# Ganache Trouble



## reyesryanmjaube (Nov 20, 2010)

Simple ganache. Giving me headaches.

There are 2 ways I know on how to make ganache. One is the very basic boiling cream poured over chopped chocolate. Look at what happened.



See, fat separates.

I used the second method. Melt chocolate, add hot cream. Loot what happened.



Fat still separates. But it's much better no. Any ideas on how I should do this? I'm really frustrated.


----------



## jessiquina (Nov 4, 2005)

what kind of chocolate are you using?


----------



## reyesryanmjaube (Nov 20, 2010)

compound milk and compound bittersweet. the first pic is milk. 2nd is bitter


----------



## foodpump (Oct 10, 2005)

Ganache will always split if you stir it when it's in "the zone"........
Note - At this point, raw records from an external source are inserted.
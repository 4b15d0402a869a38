//! Attributes (DOM Standard, 4.9.2 Interface Attr; concepts: change, append, remove an attribute).
ghost use Rattle.std.specs.Prelude.{◌≡◌, ◌↔◌, ◌⊎◌, true, false, OnOk, IfErr};
ghost use Rattle.std.specs.List.{list_all};
ghost use Rattle.dom_base.specs.declared.Refusal.TheVariants.{InvalidCharacter};
ghost use Rattle.dom_model.specs.Names.{begins_name, continues_name, is_name};
ghost use Rattle.dom_model.specs.Changes.{setting_attribute, unsetting_attribute};
ghost use Rattle.dom_model.specs.Tree.{kind_of, is_element};
ghost use Rattle.dom_mutation.specs.Doc.{made, planned, name_in, owner_in, trees_in, HoldsNode};

use crate::Doc;
use crate::parts::Parts;
use crate::settling::given_up;
use dom_base::{DomStr, Fault, Refusal};
use node_arena::Key;
use std::alloc::AllocError;

impl Doc {
    /// Sets an attribute of an element. One that is there keeps its place, and a new one goes last. Refused with
    /// `InvalidCharacter` where the name is none, with nothing changed: it is a letter or `_`, then letters, digits, `-` and `_`
    /// (own rule). Where memory is refused, the document is given up: its keys name no nodes any more.
    pub fn set_attr(&mut self, node: Key, name: &str, value: DomStr) -> Result<(), Fault>
        requires node_is_node { HoldsNode self.old node }
        requires element { is_element (kind_of (trees_in self.old node) (name_in self.old node)) ≡ true }
        ensures refused { (result ≡ Err (Fault.Refused InvalidCharacter)) ↔ (is_name name.now ≡ false) }
        ensures other { IfErr result (λ fault. (fault ≡ Fault.Refused InvalidCharacter) ⊎ (fault ≡ Fault.Memory)) }
        ensures unchanged { is_name name.now ≡ false → self.new ≡ self.old }
        ensures names { OnOk result (self.new.names ≡ self.old.names) }
        ensures world { OnOk result (self.new.world ≡ made (owner_in self.old node)
            (setting_attribute (name_in self.old node) name.now value.items) self.old.world) }
    {
        if !is_name(name.as_bytes()) {
            return Err(Fault::Refused(Refusal::InvalidCharacter));
        }
        self.parts.laws();
        match change_attribute(&mut self.parts, node, name, value) {
            Ok(()) => Ok(()),
            Err(error) => Err(Fault::from(given_up(&mut self.parts, error))),
        }
    }

    /// Takes an attribute away from a node. Without it nothing changes. Where memory is refused, the document is given up: its keys name
    /// no nodes any more.
    pub fn remove_attr(&mut self, node: Key, name: &str) -> Result<(), AllocError>
        requires { HoldsNode self.old node }
        ensures names { OnOk result (self.new.names ≡ self.old.names) }
        ensures world { OnOk result (self.new.world ≡ made (owner_in self.old node) (unsetting_attribute (name_in self.old node) name.now) self.old.world) }
    {
        self.parts.laws();
        match unset_attribute(&mut self.parts, node, name) {
            Ok(()) => Ok(()),
            Err(error) => Err(given_up(&mut self.parts, error)),
        }
    }
}

/// An attribute of an element gets a value, of which observers are told first.
fn change_attribute(
    parts: &mut Parts,
    node: Key,
    name: &str,
    value: DomStr,
) -> Result<(), AllocError>
    requires node_is_node { HoldsNode parts.old node }
    requires element { is_element (kind_of (trees_in parts.old node) (name_in parts.old node)) ≡ true }
    ensures { OnOk result (parts.new ≡ planned (owner_in parts.old node) (setting_attribute (name_in parts.old node) name.now value.items) parts.old) }
{
    parts.laws();
    parts.queue_attribute_record(node, name)?;
    parts.set_attribute(node, name, value)
}

/// An attribute of a node goes, of which observers are told first; without it nothing changes.
fn unset_attribute(parts: &mut Parts, node: Key, name: &str) -> Result<(), AllocError>
    requires { HoldsNode parts.old node }
    ensures { OnOk result (parts.new ≡ planned (owner_in parts.old node) (unsetting_attribute (name_in parts.old node) name.now) parts.old) }
{
    if !parts.has_attr(node, name) {
        return Ok(());
    }
    parts.laws();
    parts.queue_attribute_record(node, name)?;
    parts.unset_attribute(node, name)
}

/// Whether a text is a name of an element or an attribute: a letter or `_`, then letters, digits, `-`, `_` (own rule).
pub fn is_name(text: &[u8]) -> bool
    ensures { result ≡ is_name text.now }
{
    match text {
        [] => false,
        [first, others @ ..] => begins_name(*first) && all_continue_name(others),
    }
}

/// Whether a name can go on with each of these bytes.
fn all_continue_name(bytes: &[u8]) -> bool
    ensures { result ≡ list_all continues_name bytes.now }
{
    bytes.iter().all(|b| continues_name(*b))
}

/// Whether a name can begin with this byte.
fn begins_name(byte: u8) -> bool
    ensures { result ≡ begins_name byte }
{
    byte.is_ascii_alphabetic() || byte == b'_'
}

/// Whether a name can go on with this byte.
fn continues_name(byte: u8) -> bool
    ensures { result ≡ continues_name byte }
{
    begins_name(byte) || byte.is_ascii_digit() || byte == b'-'
}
You can stir like a madman when it's hot--over 50 Celcius and nothing will happen

And you can beat  cold ganache in a mixer until it's fluffy without it splitting

But you can't stir ganache or agitate it when it's between 25 C- to around 50 C

If your ganache is too fat-rich it will split irregardless, so you need a balanced formula


----------



## reyesryanmjaube (Nov 20, 2010)

after lots of experimenting, i finally got it!


----------



## jessiquina (Nov 4, 2005)

reyesryanmjaube said:


> compound milk and compound bittersweet. the first pic is milk. 2nd is bitter


like, fake chocolate? gross. that could be why you are having issues. sorry if that sounds rude, but if you arent using something that has real cocoa butter and cacao, it wont taste good.


----------



## panini (Jul 28, 2001)

Just wanted to add,

Not a good idea to roll the cream, a scald works best.


----------



## reyesryanmjaube (Nov 20, 2010)

what do you mean by 'roll?'


----------



## panini (Jul 28, 2001)

Sorry,

Getting the cream to a rolling boil.


----------



## bekazu (Sep 22, 2009)

I've found that "simple" ganache gives you less headaches if you make it out of a good semi sweet chocolate - 55% or so.

Also the additives that are put into cheap chocolate to make it smooth don't really like to let other ingredients  join  the party.  It's best to stick with a high quality chocolate that has the least amount of ingredients -  cocoa solids, cocoa butter, sugar, milk and vanilla.


----------



## foodpump (Oct 10, 2005)

No milk in high quality chocolate. None. Never was, never will be.

One of N. America's biggest urban myths, prolly started by some notorious advertiser.....

_*Milk chocolate *_on the other hand, has. Usually about 35% cocoa mass, 30% milk powder, and the rest sugar.


----------



## bekazu (Sep 22, 2009)

I didn't realize we were splitting hairs but ...

perhaps you should read the entire post before pontificating...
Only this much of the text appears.